Es ist schrecklich, mit welch banaler Konsequenz sich die Dinge hier entwickeln. Denn die Grahams sind eigentlich eine ganz normale Familie. Annie mag als Künstlerin etwas empfindlicher sein als die Durchschnitts-Mami, hat aber mit ihrem Mann Steve (Gabriel Byrne), einem reservierten Psychiater, einen Ruhepol an ihrer Seite. Ihr Sohn Peter (Alex Wolf) ist ein etwas maulfauler Kiffer, also ein ganz normaler Teenager, und die jüngere, in sich zurückgezogene Charlie (verstörend: Milly Shapiro) verleiht der Trauer um ihre geliebte Oma mit seltsamen Zeichnungen und Figurenbasteleien Ausdruck, eine wildere Variation der präzisen, kontrollierten Miniaturen von Annie.

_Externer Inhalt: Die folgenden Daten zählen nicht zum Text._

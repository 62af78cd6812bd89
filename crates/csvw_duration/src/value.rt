//! The value of a text of a duration.
ghost use Rattle.std.specs.Prelude.{◌≡◌, ◌<◌, ◌^◌, IfSome};
ghost use Rattle.std.specs.Str.{IsAscii};
ghost use Rattle.csvw_duration.specs.Digits.{IsFraction, option_view};
ghost use Rattle.csvw_duration.specs.Values.{read_field, field, months_at, minutes_at, written_second, second_at, clock_fields, after_t, clock_at, seconds_at};
ghost use Rattle.csvw_duration.specs.Values.{IsBounded, fields_at, after_p, unsigned_at, begins_with_minus, after_minus, duration_fields};
ghost use Rattle.csvw_duration.specs.declared.value.DurationKind.TheVariants as kinds;

use crate::digits::{after_byte, ended, fraction_at, number_at, trimmed};

/// Which durations a text may write.
#[derive(Clone, Copy, Debug, PartialEq, Eq)]
pub enum DurationKind {
    /// `duration`: years, months, days, hours, minutes and seconds, as `P1Y2M3DT4H5M6.7S` (XML Schema 1.1 part 2, section
    /// 3.3.6).
    Any,
    /// `yearMonthDuration`: years and months, as `P1Y2M` (section 3.4.26).
    YearMonth,
    /// `dayTimeDuration`: days, hours, minutes and seconds, as `P3DT4H5M6.7S` (section 3.4.27).
    DayTime,
}

/// The months and the seconds of a duration without its sign.
#[derive(Clone, Copy)]
pub(crate) struct Length<'a> {
    pub(crate) months: u64,
    pub(crate) seconds: u64,
    /// The digits of the parts of a second. The last one is not 0.
    pub(crate) fraction: &'a [u8],
}

/// Reads a number and its letter. Returns `None` if a text doesn't begin with them.
#[tactic(auto, unfolding(crate::specs::Values::read_field))]
fn read_field(letter: u8, bytes: &[u8]) -> Option<(u64, &[u8])>
    ensures value { option_view (λ x. (x.0, x.1.now)) result ≡ read_field letter bytes.now }
    ensures small { IfSome result (λ x. x.0 < 10 ^ 9) }
{
    let (number, rest) = number_at(bytes)?;
    let rest = after_byte(letter, rest)?;
    Some((number, rest))
}

/// Reads a field. Without it the number is 0, and the text stays.
fn field(letter: u8, bytes: &[u8]) -> (u64, &[u8])
    ensures value { (result.0, result.1.now) ≡ field letter bytes.now }
    ensures small { result.0 < 10 ^ 9 }
{
    match read_field(letter, bytes) {
        Some(found) => found,
        None => (0, bytes),
    }
}

/// Reads the fields Y and M.
fn months_at(bytes: &[u8]) -> (u64, &[u8])
    ensures value { (result.0, result.1.now) ≡ months_at bytes.now }
    ensures small { result.0 < 10 ^ 11 }
{
    let (years, rest) = field(b'Y', bytes);
    let (months, rest) = field(b'M', rest);
    (12 * years + months, rest)
}

/// Reads the fields H and M, as seconds.
fn minutes_at(bytes: &[u8]) -> (u64, &[u8])
    ensures value { (result.0, result.1.now) ≡ minutes_at bytes.now }
    ensures small { result.0 < 10 ^ 13 }
{
    let (hours, rest) = field(b'H', bytes);
    let (minutes, rest) = field(b'M', rest);
    (3600 * hours + 60 * minutes, rest)
}

/// Reads the field S, and the end of the text.
#[tactic(auto, unfolding(crate::specs::Values::written_second))]
fn written_second(bytes: &[u8]) -> Option<(u64, &[u8])>
    ensures value { option_view (λ x. (x.0, x.1.now)) result ≡ written_second bytes.now }
    ensures small { IfSome result (λ x. x.0 < 10 ^ 9) }
    ensures ascii { IfSome result (λ x. IsAscii x.1.now) }
    ensures fraction { IfSome result (λ x. IsFraction x.1.now) }
{
    let (number, rest) = number_at(bytes)?;
    let (digits, rest) = fraction_at(rest)?;
    let rest = after_byte(b'S', rest)?;
    ended(rest)?;
    Some((number, trimmed(digits)))
}

/// Reads the field S or nothing, and the end of the text.
fn second_at(bytes: &[u8]) -> Option<(u64, &[u8])>
    ensures value { option_view (λ x. (x.0, x.1.now)) result ≡ second_at bytes.now }
    ensures small { IfSome result (λ x. x.0 < 10 ^ 9) }
    ensures ascii { IfSome result (λ x. IsAscii x.1.now) }
    ensures fraction { IfSome result (λ x. IsFraction x.1.now) }
{
    match bytes {
        [] => Some((0, &[])),
        _ => written_second(bytes),
    }
}

/// Reads the fields H, M and S, and the end of the text.
fn clock_fields(bytes: &[u8]) -> Option<(u64, &[u8])>
    ensures value { option_view (λ x. (x.0, x.1.now)) result ≡ clock_fields bytes.now }
    ensures small { IfSome result (λ x. x.0 < 10 ^ 14) }
    ensures ascii { IfSome result (λ x. IsAscii x.1.now) }
    ensures fraction { IfSome result (λ x. IsFraction x.1.now) }
{
    let (minutes, rest) = minutes_at(bytes);
    let (second, fraction) = second_at(rest)?;
    Some((minutes + second, fraction))
}

/// Reads the fields after a T, one or more.
fn after_t(bytes: &[u8]) -> Option<(u64, &[u8])>
    ensures value { option_view (λ x. (x.0, x.1.now)) result ≡ after_t bytes.now }
    ensures small { IfSome result (λ x. x.0 < 10 ^ 14) }
    ensures ascii { IfSome result (λ x. IsAscii x.1.now) }
    ensures fraction { IfSome result (λ x. IsFraction x.1.now) }
{
    match bytes {
        [] => None,
        _ => clock_fields(bytes),
    }
}

/// Reads a T and its fields, or the end of the text.
fn clock_at(bytes: &[u8]) -> Option<(u64, &[u8])>
    ensures value { option_view (λ x. (x.0, x.1.now)) result ≡ clock_at bytes.now }
    ensures small { IfSome result (λ x. x.0 < 10 ^ 14) }
    ensures ascii { IfSome result (λ x. IsAscii x.1.now) }
    ensures fraction { IfSome result (λ x. IsFraction x.1.now) }
{
    match bytes {
        [] => Some((0, &[])),
        [b'T', rest @ ..] => after_t(rest),
        _ => None,
    }
}

/// Reads the fields D, H, M and S, and the end of the text.
fn seconds_at(bytes: &[u8]) -> Option<(u64, &[u8])>
    ensures value { option_view (λ x. (x.0, x.1.now)) result ≡ seconds_at bytes.now }
    ensures small { IfSome result (λ x. x.0 < 10 ^ 15) }
    ensures ascii { IfSome result (λ x. IsAscii x.1.now) }
    ensures fraction { IfSome result (λ x. IsFraction x.1.now) }
{
    let (days, rest) = field(b'D', bytes);
    let (clock, fraction) = clock_at(rest)?;
    Some((86_400 * days + clock, fraction))
}

fn any_fields(bytes: &[u8]) -> Option<Length<'_>>
    ensures value { option_view (λ d. (d.months, d.seconds, d.fraction.now)) result ≡ fields_at kinds.Any bytes.now }
    ensures ascii { IfSome result (λ d. IsAscii d.fraction.now) }
    ensures fraction { IfSome result (λ d. IsFraction d.fraction.now) }
    ensures small { IfSome result (λ d. IsBounded d.months d.seconds) }
{
    let (months, rest) = months_at(bytes);
    let (seconds, fraction) = seconds_at(rest)?;
    Some(Length {
        months,
        seconds,
        fraction,
    })
}

fn year_month_fields(bytes: &[u8]) -> Option<Length<'_>>
    ensures value { option_view (λ d. (d.months, d.seconds, d.fraction.now)) result ≡ fields_at kinds.YearMonth bytes.now }
    ensures ascii { IfSome result (λ d. IsAscii d.fraction.now) }
    ensures fraction { IfSome result (λ d. IsFraction d.fraction.now) }
    ensures small { IfSome result (λ d. IsBounded d.months d.seconds) }
{
    let (months, rest) = months_at(bytes);
    ended(rest)?;
    Some(Length {
        months,
        seconds: 0,
        fraction: &[],
    })
}

fn day_time_fields(bytes: &[u8]) -> Option<Length<'_>>
    ensures value { option_view (λ d. (d.months, d.seconds, d.fraction.now)) result ≡ fields_at kinds.DayTime bytes.now }
    ensures ascii { IfSome result (λ d. IsAscii d.fraction.now) }
    ensures fraction { IfSome result (λ d. IsFraction d.fraction.now) }
    ensures small { IfSome result (λ d. IsBounded d.months d.seconds) }
{
    let (seconds, fraction) = seconds_at(bytes)?;
    Some(Length {
        months: 0,
        seconds,
        fraction,
    })
}

/// Reads the fields of a kind, and the end of the text.
fn fields_at(kind: DurationKind, bytes: &[u8]) -> Option<Length<'_>>
    ensures value { option_view (λ d. (d.months, d.seconds, d.fraction.now)) result ≡ fields_at kind bytes.now }
    ensures ascii { IfSome result (λ d. IsAscii d.fraction.now) }
    ensures fraction { IfSome result (λ d. IsFraction d.fraction.now) }
    ensures small { IfSome result (λ d. IsBounded d.months d.seconds) }
{
    match kind {
        DurationKind::Any => any_fields(bytes),
        DurationKind::YearMonth => year_month_fields(bytes),
        DurationKind::DayTime => day_time_fields(bytes),
    }
}

/// Reads the fields after a P, one or more.
fn after_p(kind: DurationKind, bytes: &[u8]) -> Option<Length<'_>>
    ensures value { option_view (λ d. (d.months, d.seconds, d.fraction.now)) result ≡ after_p kind bytes.now }
    ensures ascii { IfSome result (λ d. IsAscii d.fraction.now) }
    ensures fraction { IfSome result (λ d. IsFraction d.fraction.now) }
    ensures small { IfSome result (λ d. IsBounded d.months d.seconds) }
{
    match bytes {
        [] => None,
        _ => fields_at(kind, bytes),
    }
}

fn unsigned_at(kind: DurationKind, bytes: &[u8]) -> Option<Length<'_>>
    ensures value { option_view (λ d. (d.months, d.seconds, d.fraction.now)) result ≡ unsigned_at kind bytes.now }
    ensures ascii { IfSome result (λ d. IsAscii d.fraction.now) }
    ensures fraction { IfSome result (λ d. IsFraction d.fraction.now) }
    ensures small { IfSome result (λ d. IsBounded d.months d.seconds) }
{
    let rest = after_byte(b'P', bytes)?;
    after_p(kind, rest)
}

/// Returns whether a text begins with `-`.
pub(crate) fn begins_with_minus(bytes: &[u8]) -> bool
    ensures { result ≡ begins_with_minus bytes.now }
{
    matches!(bytes, [b'-', ..])
}

fn after_minus(bytes: &[u8]) -> &[u8]
    ensures { result.now ≡ after_minus bytes.now }
{
    match bytes {
        [b'-', rest @ ..] => rest,
        _ => bytes,
    }
}

/// Returns the months and the seconds of a text of a duration, without its sign. Returns `None` for other texts.
pub(crate) fn duration_fields(kind: DurationKind, bytes: &[u8]) -> Option<Length<'_>>
    ensures value { option_view (λ d. (d.months, d.seconds, d.fraction.now)) result ≡ duration_fields kind bytes.now }
    ensures ascii { IfSome result (λ d. IsAscii d.fraction.now) }
    ensures fraction { IfSome result (λ d. IsFraction d.fraction.now) }
    ensures small { IfSome result (λ d. IsBounded d.months d.seconds) }
{
    unsigned_at(kind, after_minus(bytes))
}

Ein Horror-Haus ohne gleichen

Aber es sind ja die inneren Welten, in denen äußere Umstände gefasst und mit Sinn belegt werden. Für Annie scheint sich ein geheimnisvoller, Generationen alter Familienfluch Bahn zu brechen, und es ist beängstigend, wie der Regisseur Ari Aster diese inneren Landschaften auslotet und bebildert.

Asters Langfilmdebüt wurde vorab als einer der besten Horrorfilme des Jahrzehnts gefeiert. So viel Lob ist überzogen, dennoch beeindruckt, mit welch großem Selbstvertrauen und welch nervenzehrender Effektivität Aster die Gemeinplätze des Horrorgenres renoviert. Das Haus der Leighs ist ein praktischer, moderner Holzbau, es hat wenig gemein mit den verwinkelten viktorianischen Villen, die im klassischen Gruselfilm das Denkgebäude der Hauptpersonen symbolisieren. Und doch sucht es unter Horror-Häusern seinesgleichen.


"Hereditary - Das Vermächtnis"
USA 2018
Regie und Drehbuch: Ari Aster
Darsteller: Toni Collette, Gabriel Byrne, Alex Wolff, Milly Shapiro, Ann Dowd, Mallory Bechtel
Produktion: PalmStar Media
Verleih: Splendid Film
Länge: 127 Minuten
FSK: ab 16 Jahren
Start: 14. Juni 2018


Wie ein langsam, angstvoll schweifender Blick fährt Pawel Pogorzelskis Kamera durch die Räume des Hauses und erwirkt trotz der klaren und offenen Architektur eine enorme Beklemmung. Die rechtwinkelige Ordnung des Domizils und von Annies minimalistischen Puppenhäusern unterstreicht hier nur das Grauen, das Aster dort verwurzelt, wo es am eindringlichsten ist: in dem Gefühl totaler Desintegration. Motor der Story ist die Unauslöschlichkeit sowohl von banalen als auch von katastrophalen Ereignissen, die eine Familienkonstellation strukturieren oder, wie hier, sprengen.

Schmerz und Schuld und Trauer

Die erste Hälfte der 127 Filmminuten ist mit fast zäher Langsamkeit erzählt, aber Asters Spiel mit Tempo und Klang (ein harmloses Zungenklacken wird zum nervenzehrenden Horror-Tusch), mit den Dimensionen sowie mit Psychologie und Parapsychologie ist kalkuliertes Crescendo einer wahrhaft grausigen Geschichte um Schmerz, Schuld und Trauer.

Vielfach zieht Aster den Hut vor Horror-Klassikern wie "The Shining" oder "Rosemary's Baby", ohne sich aber zu sehr an alte Meister oder überkommende Muster anzulehnen. Er schafft stattdessen mit großer Präzision eine ganz eigene, total verstörende Atmosphäre, die eine fulminante Darstellung von Toni Colette einrahmt - ihr roher Realismus trifft ins Mark.

Die Geschichte steigert sich schließlich zu einem hysterischen und letztlich enttäuschenden Finale. Immerhin: Die enorme Intensität der vorangegangenen zwei Stunden lässt darüber fast hinwegsehen.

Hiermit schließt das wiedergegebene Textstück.